Single Spies

Alan Bennett
Chichester Festival Theatre & Birmingham Repertory
Sheffield Lyceum

David Robb and Nicholas Farrell in Single Spies Credit: Alastair Muir

It was at a post-show supper in 1997 that Alan Bennett first heard Coral Browne’s story of her encounter with Guy Burgess in Moscow in the winter of 1958/1959, some years after his defection.

Burgess was living in squalor, deeply lonely, and desperate for any contact with the old country. Ironically, although he was a spy, he retained a love of the English countryside and the anomalies of the British character. It was the political system he had rejected. "I did what seemed right at the time."

Browne’s account of the meeting and Burgess’s request for her to order him a suit from his London tailor lies at the core of the first of the two plays, An Englishman Abroad, in this two-part programme.

In the second of the two plays, A Question of Attribution, the central metaphor is Titian’s painting, An Allegory of Prudence, which allows Bennett to explore the experience of Anthony Blunt, another member of the Cambridge Five, who was recruited by Burgess in the mid-'30s.

When the painting, part of Queen’s collection, was cleaned and later x-rayed, there were three shadowy figures hidden beneath the surface, which had not been apparent for years. Similarly, Blunt remained unexposed until 1979.

Although Bennett tells us that he was more interested in exile than espionage, it is not surprising that, as an outsider, observer, concealer and lonely man himself, he was drawn to the experience of these two secret men.

Like Burgess, Bennett has an extraordinary affection for Englishness, its character and institutions, which does not stand in the way of objectivity and a delight in gentle satire. His presentation of the Queen in A Question of Attribution is surprisingly generous.

A neo-classical wall designed by Peter McKintosh serves as a background to Burgess’s scruffy Moscow flat and as hanging space for paintings in the Queen’s Gallery.

Nicholas Farrell doubles as a sadly pathetic, eccentric but likeable Burgess in the first play and a sharp MI6 interrogator who waits in vain for any revelations from Blunt in the second. The juxtaposition of photographs of suspected spies with paintings fits in with the theme of attribution. Can we believe what we see?

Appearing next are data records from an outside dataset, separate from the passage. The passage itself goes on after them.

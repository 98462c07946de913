//! The wiring of a grid as DEF, read back.
//!
//! `read_wiring` reads the texts that are written of power grids (LEF/DEF 5.8 Language Reference, "DEF Syntax": VIAS and
//! SPECIALNETS) in exactly the form in which they are written, but for white space and comments: the vias, the pieces of
//! metal and the lines of stacks, each as the words and numbers that stand there.
#![tactic(auto)]

mod error;
mod fault;
mod format;
mod held;
mod laws;
mod number;
mod read;
mod record;
mod rule;
mod section;
mod sort;
mod taking;
mod unit;

pub use error::{WiringError, WiringKind};
pub use laws::{texts_have_one_wiring, whole_wirings_are_read, written_wirings_read_back};
pub use number::{NUMBER_LIMIT, UNITS_LIMIT};
pub use read::read_wiring;
pub use record::{PlaceText, ViaText, WireText, Wiring};
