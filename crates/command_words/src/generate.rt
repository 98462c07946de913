//! The command `generate`.
ghost use Rattle.std.specs.Prelude.{◌≡◌, ◌∷◌, [], IfOk, Err, codes, length};
ghost use Rattle.command_words.specs.Words.{IsCommand, IsUsage};
ghost use Rattle.command_words.specs.inside.Split.{IsGenerateOf, texts};

use crate::apart::are_apart;
use crate::command::{Command, WordsError};
use crate::file_name::FileName;
use crate::number::{number_of, side_of};
use crate::settings::option_values;
use crate::table::GENERATE;
use std::alloc::{AllocError, Global};

/// The command `generate` of a number, a side, and the values of its options.
fn generate_of(
    alloc: Global,
    number: u64,
    side: u32,
    values: &[&str],
) -> Result<Command, AllocError>
    requires { length values.now ≡ 7 }
    ensures { IfOk result (IsGenerateOf (texts values.now) number side) }
{
    Ok(Command::Generate {
        number,
        side,
        lef: FileName::new(alloc, values[2])?,
        cells: FileName::new(alloc, values[3])?,
        def: FileName::new(alloc, values[4])?,
        pdn: FileName::new(alloc, values[5])?,
        bias: FileName::new(alloc, values[6])?,
    })
}

/// The command `generate` over the words after its name.
pub(crate) fn generate(alloc: Global, words: &[&str]) -> Result<Command, WordsError>
    ensures command { IfOk result (IsCommand (codes "generate" ∷ texts words.now)) }
    ensures usage { result ≡ Err WordsError.Usage → IsUsage (codes "generate" ∷ texts words.now) }
{
    let values = match option_values(alloc, &GENERATE, words) {
        Ok(values) => values,
        Err(error) => return Err(error),
    };
    let all = values.as_slice();
    let Some(number) = number_of(all[0]) else {
        return Err(WordsError::Usage);
    };
    let Some(side) = side_of(all[1]) else {
        return Err(WordsError::Usage);
    };
    if !are_apart(&all[2..]) {
        return Err(WordsError::Usage);
    }
    match generate_of(alloc, number, side, all) {
        Ok(command) => Ok(command),
        Err(_) => Err(WordsError::Want),
    }
}
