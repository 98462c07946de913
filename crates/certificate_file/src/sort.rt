ghost use Rattle.std.specs.Prelude.{◌≡◌};
ghost use Rattle.certificate_file.specs.Sort.{number_of, all_sorts, sort_of_text, sort_of, listed, few};
ghost use Rattle.reading.specs.Word.{token};

use reading::{Form, Numbered, Word, keyword_or};

/// What a word of a certificate is, wherever it stands.
#[derive(Clone, Copy, Debug)]
pub(crate) enum Sort {
    /// `pdn`
    Pdn,
    /// `certificate`
    Certificate,
    /// `1`, the version of the form, and also a number.
    Version,
    /// `end`
    Last,
    /// `;`, `(` or `)`, which never stand for a number.
    Mark,
    /// Any other word.
    Other,
    LineEnd,
    TextEnd,
}

impl Numbered for Sort {
    ghost number = { number_of };

    ghost all = { all_sorts };

    fn number(self) -> usize {
        self as usize
    }

    ghost listed = { listed };

    ghost few = { few };
}

/// The sort of a word that stands within a line.
fn sort_of_text(text: &[u8]) -> Sort
    ensures { result ≡ sort_of_text text.now }
{
    keyword_or!(text;
        b"pdn" => Sort::Pdn, b"certificate" => Sort::Certificate, b"1" => Sort::Version, b"end" => Sort::Last,
        b";" => Sort::Mark, b"(" => Sort::Mark, b")" => Sort::Mark;
        Sort::Other)
}

/// The sort of a word.
pub(crate) fn sort_of(word: &Word<'_>) -> Sort
    ensures { result ≡ sort_of (token word.now) }
{
    match word.form {
        Form::Break => Sort::LineEnd,
        Form::End => Sort::TextEnd,
        _ => sort_of_text(word.text),
    }
}
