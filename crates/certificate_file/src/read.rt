ghost use Rattle.std.specs.Prelude.{◌≡◌, IfOk, length};
ghost use Rattle.certificate_file.specs.Format.{ReadsCertificate};

use crate::error::CertError;
use crate::format::CertificateFormat;
use crate::held::Held;
use crate::lists::Lists;
use entry_list::Entries;
use outside::Name;
use reading::{ReadError, read_into};
use std::alloc::Global;
use text_lex::Mode;

/// Reads the certificate of the nodes with these names.
///
/// A number is a `-` or none and digits, of yV, at most 10^37 in magnitude.
///
/// Errors: the refusal at the earliest word, and there of the first kind, as `CertKind` lists them; `Want` for want of
/// memory.
pub fn read_certificate(alloc: Global, text: &[u8], names: &[Name]) -> Result<Lists, CertError>
    ensures reads { ReadsCertificate names.now text.now result }
    ensures high_count { IfOk result (λ lists. length lists.high ≡ length names.now) }
    ensures low_count { IfOk result (λ lists. length lists.low ≡ length names.now) }
{
    let Ok(mut held) = Held::new(alloc, names.len()) else {
        return Err(ReadError::want());
    };
    match read_into(
        alloc,
        &CertificateFormat { names },
        &mut held,
        text,
        Mode::Lines,
    ) {
        Ok(()) => Ok(Lists {
            high: Entries::new(held.high),
            low: Entries::new(held.low),
        }),
        Err(error) => Err(error),
    }
}
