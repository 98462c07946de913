//! Names that differ.
ghost use Rattle.std.specs.Prelude.{◌↔◌, IsTrue};
ghost use Rattle.command_words.specs.Words.{AreApart};
ghost use Rattle.command_words.specs.inside.Split.{texts};

use crate::settings::is_among;

/// Whether no two of the names are the same.
pub(crate) fn are_apart(names: &[&str]) -> bool
    ensures { IsTrue result ↔ AreApart (texts names.now) }
{
    for at in 0..names.len() {
        if is_among(&names[..at], names[at]) {
            return false;
        }
    }
    true
}
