ghost use Rattle.wiring_file.specs.Format.{ReadsWiring};

use crate::error::WiringError;
use crate::format::WiringFormat;
use crate::held::Held;
use crate::record::Wiring;
use entry_list::Entries;
use reading::{ReadError, read_into};
use std::alloc::Global;
use text_lex::Mode;

/// Reads the wiring of a written DEF: its vias, the lines of its pieces and the lines of its stacks, in the order of the
/// text.
///
/// The text has exactly the form in which grids are written, but for white space and comments. The counts of VIAS and of
/// SPECIALNETS are those of their entries, the pieces of a net stand before its stacks, and a line has the width 0, the
/// shape STRIPE and a via, or another width, a shape and a second point.
///
/// Errors: the refusal at the earliest word, and there of the first kind, as `WiringKind` lists them; `Want` for want of
/// memory.
pub fn read_wiring(alloc: Global, text: &[u8]) -> Result<Wiring, WiringError>
    ensures { ReadsWiring text.now result }
{
    let Ok(mut held) = Held::new(alloc) else {
        return Err(ReadError::want());
    };
    match read_into(alloc, &WiringFormat, &mut held, text, Mode::LefDef) {
        Ok(()) => Ok(Wiring {
            vias: Entries::new(held.vias),
            wires: Entries::new(held.wires),
            places: Entries::new(held.places),
        }),
        Err(error) => Err(error),
    }
}
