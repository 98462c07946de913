ghost use Rattle.certificate_file.specs.Format.{kinds};

use fixed_decimal::DecimalError;
use reading::{ErrorKind, ReadError};
use text_lex::LexKind;

/// Why a certificate is refused, and at which word.
pub type CertError = ReadError<CertKind>;

/// What is wrong with the word. Of two kinds at one word the one that stands earlier here is told.
#[derive(Clone, Copy, Debug, PartialEq, Eq)]
pub enum CertKind {
    /// With this word the words so far begin no certificate of so many nodes.
    Syntax,
    /// The line's name is not that of the node in its place.
    WrongNode,
    /// The word is no whole number, or one beyond 10^37 in magnitude.
    Number(DecimalError),
    /// There was not enough memory.
    Want,
}

impl ErrorKind for CertKind {
    ghost kinds = { kinds };

    fn syntax() -> CertKind {
        CertKind::Syntax
    }

    fn want() -> CertKind {
        CertKind::Want
    }

    // In lines no word is refused for itself.
    fn word(_kind: LexKind) -> CertKind {
        CertKind::Syntax
    }
}
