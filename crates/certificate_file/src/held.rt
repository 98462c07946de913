//! What has been read of a certificate.
ghost use Rattle.std.specs.Prelude.{◌≡◌, ◌<◌, ◌≤◌, [], ◌∷◌, ◌++◌, ℕ, List, IfOk, IsOk, OnOk, length, unsigned_abs, vec_len, vec_capacity};
ghost use Rattle.certificate_file.specs.Voltage.{limit};
ghost use Rattle.certificate_file.specs.inside.Held.{Holds, value_at};

use reading::Heard;
use std::alloc::{AllocError, Global};

/// What the lines so far say.
#[derive(Drop)]
pub(crate) struct Held {
    /// How many lines there were.
    pub(crate) lines: usize,
    pub(crate) high: Vec<i128>,
    pub(crate) low: Vec<i128>,
}

impl Held {
    /// No lines yet, and room for the voltages of so many nodes.
    pub(crate) fn new(alloc: Global, nodes: usize) -> Result<Held, AllocError>
        ensures { IfOk result (λ held. (names : List (List ℕ)) → length names ≡ nodes → Holds names [] held) }
    {
        Ok(Held {
            lines: 0,
            high: Vec::with_capacity(alloc, nodes)?,
            low: Vec::with_capacity(alloc, nodes)?,
        })
    }
}

/// The voltage that the word says which has so many words of its line before it, and 0 where there is none.
pub(crate) fn value_at(unit: &[Heard<'_, i128>], at: usize) -> i128
    ensures { unsigned_abs (value_at unit.now at) ≤ limit → result ≡ value_at unit.now at }
{
    match unit.get(at) {
        Some(heard) => heard.value,
        None => 0,
    }
}

/// The voltages of one more node. It fails only where there is no room.
pub(crate) fn take_row(held: &mut Held, high: i128, low: i128) -> Result<(), AllocError>
    ensures lines { held.new.lines ≡ held.old.lines }
    ensures high { OnOk result (held.new.high.items ≡ held.old.high.items ++ high ∷ []) }
    ensures low { OnOk result (held.new.low.items ≡ held.old.low.items ++ low ∷ []) }
    ensures high_room { OnOk result (vec_capacity held.old.high ≤ vec_capacity held.new.high) }
    ensures low_room { OnOk result (vec_capacity held.old.low ≤ vec_capacity held.new.low) }
    ensures succeeds { vec_len held.old.high < vec_capacity held.old.high →
        vec_len held.old.low < vec_capacity held.old.low → IsOk result }
{
    held.high.push(high)?;
    held.low.push(low)?;
    Ok(())
}
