use entry_list::Entries;

/// The voltages of a certificate in yV, one of each list for each node, in the order of the network.
#[derive(Debug, Drop)]
pub struct Lists {
    /// The high voltage of each node.
    pub high: Entries<i128>,
    /// The low voltage of each node.
    pub low: Entries<i128>,
}
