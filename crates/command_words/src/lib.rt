//! The words of the command line of `pdn`: which commands there are, with which options, and which words are those of
//! none.
#![tactic(auto)]

mod apart;
mod build;
mod command;
mod file_name;
mod generate;
mod help;
mod number;
mod parsed;
mod settings;
mod short;
mod signoff;
mod step;
mod table;

pub use command::{Command, WordsError, read, words_have_one_command};
pub use file_name::FileName;
pub use help::{command_help, program_help};
pub use table::{COMMANDS, CommandText, OptionText};
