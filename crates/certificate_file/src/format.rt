//! Certificates as a format.
ghost use Rattle.std.specs.Prelude.{◌≤◌, ◌^◌, ◌∷◌, ◌++◌, List, [], ℕ, IsOk, OnOk, length, map};
ghost use Rattle.certificate_file.specs.Rule.{pattern};
ghost use Rattle.certificate_file.specs.Format.{format};
ghost use Rattle.certificate_file.specs.Sort.{all_sorts, number_of};
ghost use Rattle.certificate_file.specs.inside.Held.{Holds, says};
ghost use Rattle.reading.specs.Grammar.{AreHeard, IsRegular, IsTaken};
ghost use Rattle.reading.specs.Rule.{IsRule};
ghost use Rattle.reading.specs.Word.{Token, heard_token};

use crate::error::CertKind;
use crate::fault::{name_value, row_name, voltage_value};
use crate::held::{Held, take_row, value_at};
use crate::rule::rule;
use crate::section::{Section, section_after};
use crate::sort::{Sort, sort_of};
use fixed_decimal::texts_have_one_answer;
use outside::Name;
use reading::{Found, Grammar, Heard, Rule, Word, told_at};
use std::alloc::AllocError;

/// The format of the certificates of nodes with these names.
#[derive(Clone, Copy)]
pub(crate) struct CertificateFormat<'n> {
    pub(crate) names: &'n [Name],
}

impl<'a, 'n> Grammar<'a> for CertificateFormat<'n> {
    type Sort = Sort;

    type Section = Section;

    type Record = Held;

    type Kind = CertKind;

    /// A voltage in yV, and 0 of each word that is none.
    type Value = i128;

    ghost format = { λ certificate. format certificate.names.now };

    ghost pattern = { pattern };

    ghost says = { λ certificate lines. says certificate.names.now (length lines) };

    ghost holds = { λ certificate held lines. Holds certificate.names.now lines held };

    fn sort(&self, _said: &Held, word: &Word<'a>) -> Sort {
        sort_of(word)
    }

    fn section(&self, said: &Held) -> Section {
        section_after(self.names.len(), said.lines)
    }

    fn rule(section: Section) -> Rule<'a, Sort>
        ensures { IsRule number_of result (pattern section) }
    {
        rule(section)
    }

    fn hear(
        &self,
        said: &Held,
        before: &[Heard<'a, i128>],
        word: &Word<'a>,
        _sort: Sort,
    ) -> Result<i128, Found<CertKind>> {
        match before {
            [] => told_at(0, name_value(self.names, said.lines, word.text)),
            [_] => told_at(1, voltage_value(self.names, said.lines, word.text)),
            [_, _] => told_at(2, voltage_value(self.names, said.lines, word.text)),
            _ => Ok(0),
        }
    }

    fn ends(&self, _said: &Held) -> bool {
        false
    }

    // There is room for each node's voltages from the start, so that it never fails.
    fn take(&self, said: &mut Held, unit: &[Heard<'a, i128>]) -> Result<(), AllocError>
        ensures takes { OnOk result ((lines : List (List Token)) → length lines ≤ 2 ^ 63 →
            Holds self.now.names.now lines said.old →
            IsTaken (format self.now.names.now) lines (map heard_token unit.now) →
            AreHeard (says self.now.names.now (length lines)) [] unit.now →
            Holds self.now.names.now (lines ++ map heard_token unit.now ∷ []) said.new) }
        ensures never_fails { (lines : List (List Token)) → Holds self.now.names.now lines said.old → IsOk result }
    {
        if row_name(self.names, said.lines).is_some() {
            take_row(said, value_at(unit, 1), value_at(unit, 2))?;
        }
        said.lines = said.lines.saturating_add(1);
        Ok(())
    }

    fn regular(&self)
        ensures { IsRegular all_sorts pattern (format self.now.names.now) }
    {
        texts_have_one_answer();
    }
}
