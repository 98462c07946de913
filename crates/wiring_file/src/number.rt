//! The numbers of a written wiring.
ghost use Rattle.std.specs.Prelude.{◌≡◌, ℤ, Result};
ghost use Rattle.wiring_file.specs.Number.{place_of, numbers_in, quantity_at};
ghost use Rattle.number_place.specs.declared.place.Refused.{Refused as Reason};
ghost use Rattle.number_place.specs.Place.{IsNumberAt};

use crate::section::Section;
use number_place::{NumberForm, NumberPlace, NumberSign, Refused, small_number_at};

/// No number of a written wiring is farther from 0: 2^61.
pub const NUMBER_LIMIT: u128 = 2_305_843_009_213_693_952;

/// The most units that a micrometre has.
pub const UNITS_LIMIT: u128 = 20_000;

/// What a number stands for.
#[derive(Clone, Copy, Debug)]
pub(crate) enum Quantity {
    /// A coordinate.
    Coordinate,
    /// A length or a count that may be 0.
    NotNegative,
    /// A length or a count of cuts.
    Positive,
    /// How many units a micrometre has.
    Microns,
}

const UNITS: [(usize, Quantity); 1] = [(3, Quantity::Microns)];

const DIE: [(usize, Quantity); 4] = [
    (2, Quantity::Coordinate),
    (3, Quantity::Coordinate),
    (6, Quantity::Coordinate),
    (7, Quantity::Coordinate),
];

const COUNT: [(usize, Quantity); 1] = [(1, Quantity::NotNegative)];

const VIA: [(usize, Quantity); 10] = [
    (7, Quantity::Positive),
    (8, Quantity::Positive),
    (16, Quantity::NotNegative),
    (17, Quantity::NotNegative),
    (20, Quantity::NotNegative),
    (21, Quantity::NotNegative),
    (22, Quantity::NotNegative),
    (23, Quantity::NotNegative),
    (26, Quantity::Positive),
    (27, Quantity::Positive),
];

const LINE: [(usize, Quantity); 5] = [
    (1, Quantity::NotNegative),
    (6, Quantity::Coordinate),
    (7, Quantity::Coordinate),
    (10, Quantity::Coordinate),
    (11, Quantity::Coordinate),
];

/// The numbers of the units of a section, each by how many words stand before it in its unit.
fn numbers_in<'a>(section: Section) -> &'a [(usize, Quantity)]
    ensures { result.now ≡ numbers_in section }
{
    match section {
        Section::Units => &UNITS,
        Section::Die => &DIE,
        Section::ViasHead => &COUNT,
        Section::Vias => &VIA,
        Section::NetsHead => &COUNT,
        Section::Line => &LINE,
        _ => &[],
    }
}

/// The quantity of the word that has n words before it in a unit of the section, if it is a number.
pub(crate) fn number_at(section: Section, n: usize) -> Option<Quantity>
    ensures { result ≡ quantity_at n (numbers_in section) }
{
    for (place, quantity) in numbers_in(section) {
        if *place == n {
            return Some(*quantity);
        }
    }
    None
}

/// The place of a number.
fn place_of(quantity: Quantity) -> NumberPlace
    ensures { result ≡ place_of quantity }
{
    match quantity {
        Quantity::Coordinate => whole(NUMBER_LIMIT, NumberSign::Any),
        Quantity::NotNegative => whole(NUMBER_LIMIT, NumberSign::NotNegative),
        Quantity::Positive => whole(NUMBER_LIMIT, NumberSign::Positive),
        Quantity::Microns => whole(UNITS_LIMIT, NumberSign::Positive),
    }
}

/// Reads the text as a number of this kind, or says why it is refused.
pub(crate) fn read_number(quantity: Quantity, text: &[u8]) -> Result<i64, Refused>
    ensures answer { IsNumberAt (place_of quantity) text.now result }
    ensures only { (other : Result ℤ Reason) → IsNumberAt (place_of quantity) text.now other → other ≡ result }
{
    small_number_at(place_of(quantity), text)
}

fn whole(limit: u128, sign: NumberSign) -> NumberPlace
    ensures { result ≡ record { form = NumberForm.Integer; places = 0; limit = limit; sign = sign } }
{
    NumberPlace {
        form: NumberForm::Integer,
        places: 0,
        limit,
        sign,
    }
}
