//! The commands of few options.
ghost use Rattle.std.specs.Prelude.{◌≡◌, ◌∷◌, [], IfOk, Err, codes, length};
ghost use Rattle.command_words.specs.Words.{IsCommand, IsUsage};
ghost use Rattle.command_words.specs.inside.Split.{IsSolveOf, texts};

use crate::apart::are_apart;
use crate::command::{Command, WordsError};
use crate::file_name::FileName;
use crate::settings::option_values;
use crate::table::{CHECK, SOLVE};
use std::alloc::{AllocError, Global};

/// The command `check` over the words after its name.
pub(crate) fn check(alloc: Global, words: &[&str]) -> Result<Command, WordsError>
    ensures command { IfOk result (IsCommand (codes "check" ∷ texts words.now)) }
    ensures usage { result ≡ Err WordsError.Usage → IsUsage (codes "check" ∷ texts words.now) }
{
    let values = match option_values(alloc, &CHECK, words) {
        Ok(values) => values,
        Err(error) => return Err(error),
    };
    let [netlist, certificate] = values.as_slice() else {
        return Err(WordsError::Usage);
    };
    Ok(Command::Check {
        netlist: FileName::of(alloc, *netlist)?,
        certificate: FileName::of(alloc, *certificate)?,
    })
}

/// The command `solve` of the values of its options.
fn solve_of(alloc: Global, values: &[&str]) -> Result<Command, AllocError>
    requires { length values.now ≡ 3 }
    ensures { IfOk result (IsSolveOf (texts values.now)) }
{
    Ok(Command::Solve {
        netlist: FileName::new(alloc, values[0])?,
        certificate: FileName::new(alloc, values[1])?,
        report: FileName::new(alloc, values[2])?,
    })
}

/// The command `solve` over the words after its name.
pub(crate) fn solve(alloc: Global, words: &[&str]) -> Result<Command, WordsError>
    ensures command { IfOk result (IsCommand (codes "solve" ∷ texts words.now)) }
    ensures usage { result ≡ Err WordsError.Usage → IsUsage (codes "solve" ∷ texts words.now) }
{
    let values = match option_values(alloc, &SOLVE, words) {
        Ok(values) => values,
        Err(error) => return Err(error),
    };
    if !are_apart(&values[1..]) {
        return Err(WordsError::Usage);
    }
    match solve_of(alloc, &values) {
        Ok(command) => Ok(command),
        Err(_) => Err(WordsError::Want),
    }
}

Belinda Lang convincingly replicates Coral Browne’s gravelly voice, super sophistication and essential kindness and returns in the second half as the young Queen, who is no-one’s fool, knows that Blunt is a betrayer and warns him that climbing up a ladder is a dangerous activity that could lead to a fall.

David Robb is remarkable as the totally non-judgemental Tailor, who remembers his erstwhile customer as a gentleman, recalls his distinctive requirements and disregards his fall from grace. A nice portrait of a special kind of snobbery.

In contrast, Paul Grunert as the shop assistant who refuses to replace Burgess’s pyjamas gets a lambasting from Browne for stupid illogicality. Grunert reappears as the Restorer in the second play.

There are strong supporting performances from David Young as Tolya and Phillips, Joseph Prowen as Colin and other members of the cast.

This is an enjoyable and stimulating double programme, informative about the key figures, and particularly interesting for Bennett’s distinctive exploration of exile in the first play and living with secrets in the second.